(Beginning of Exercise input)

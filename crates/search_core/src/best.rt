//! What the best set so far, or a ceiling, says of a set.
ghost use Rattle.std.specs.Prelude.{◌≡◌, ◌↔◌, false, Some, IfSome, IsTrue};
ghost use Rattle.gap_sets.specs.Order.{Better};
ghost use Rattle.oracle.specs.Facts.{Serving, IsServing};
ghost use Rattle.search_core.specs.Faults.{CutsMust, HasBound};

use crate::Reason;
use gap_sets::{Costs, GapSet};
use oracle::Served;

/// Whether the reason cuts the nodes whose sets must have these gaps.
pub(crate) fn cuts(costs: &Costs, best: &Option<Served>, reason: &Reason, must: &GapSet) -> bool
    ensures value { IsTrue result ↔ CutsMust costs.now best.now reason.now must.now }
    ensures bound { HasBound reason.now }
{
    match reason {
        Reason::Best => match best {
            Some(served) => !costs.better(must, &served.set()),
            None => false,
        },
        Reason::Ceiling(ceiling) => match ceiling.cost() {
            Some(cost) => cost < costs.total(must),
            None => false,
        },
    }
}

/// Whether the set is better than the best so far, or the first.
pub(crate) fn is_better(costs: &Costs, best: &Option<Served>, served: &Served) -> bool
    ensures yes { IsTrue result → IfSome best.now (λ old. Better costs.now served.now.gaps old.gaps) }
    ensures no { result ≡ false → (old : Serving) × (best.now ≡ Some old) × (¬ Better costs.now served.now.gaps old.gaps) }
    ensures serving { IsServing served.now }
{
    served.recall_facts();
    let set = served.set();
    match best {
        Some(best) => costs.better(&set, &best.set()),
        None => true,
    }
}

(End of Exercise input)

Each line from the one containing "IsTrue result →" through the last line of the entries is to be copied exactly, with no other lines added.

_Final answer_
    ensures yes { IsTrue result → IfSome best.now (λ old. Better costs.now served.now.gaps old.gaps) }
    ensures no { result ≡ false → (old : Serving) × (best.now ≡ Some old) × (¬ Better costs.now served.now.gaps old.gaps) }
    ensures serving { IsServing served.now }
{
    served.recall_facts();
    let set = served.set();
    match best {
        Some(best) => costs.better(&set, &best.set()),
        None => true,
    }
}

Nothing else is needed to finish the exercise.